That's right....the internets and ebays knew about Strickland's upcoming visit to the pokey before he did. And who says the internet is worthless.

Hopefully, he's reading this now and is preparing to jump a cargo plane to Bolivia in search of the one armed man who was the real felon in this case. Wait...I'm kidding. It's not that big a deal.

Scenario / Timeline...

-- Student gains possession of Fake ID
-- Student with Fake ID gets caught up in super secret Fake ID Dragnet
-- Wyatt Earp issues warrant for student(s)
-- Student gets arrested -- hasn't happened yet
-- Richt decides punishment -- TBD

Prediction:
As long as he's not the ring leader of the Fake ID distribution program, he'll get 1 game suspension. If he is, then he's got bigger issues. At Tennessee, Fulmer would've gotten the kid advance placement credits for small business and entrepreneurship skills.

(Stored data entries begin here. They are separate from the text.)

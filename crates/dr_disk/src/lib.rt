//! A disk of one file: what it reads, and what a restart may find. There is one in memory and one
//! that is a file of the system.
#![tactic(auto)]

mod disk;
mod file_disk;
mod mem_disk;
mod spans;
mod writes;

pub use disk::{Disk, GREATEST_LIMIT};
pub use file_disk::FileDisk;
pub use mem_disk::MemDisk;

If he had Mike Vick's PR Guy, he would just announce that he needed the fake ID to help him rent a car.

PS -- This kid enrolled early. He would've been in high school today if he hadn't fast tracked his graduation. I'd imagine that his parents are probably shitting a chicken right about now. You know how these things get blown out of proportion on the internet (insert guilty blogger's name here). Some friend of the family has probably called the house already saying, "I read on the Internets that there is a massive man hunt for your little boy."

Right about now...I'm glad I have no offspring to get involved in whacky college hi jinx. That said, what this kid needs now is a nickname. If Ian Smith is Tater Salad, should Tanner Strickland be "Dr. Kimble." I'm really open to suggestions here.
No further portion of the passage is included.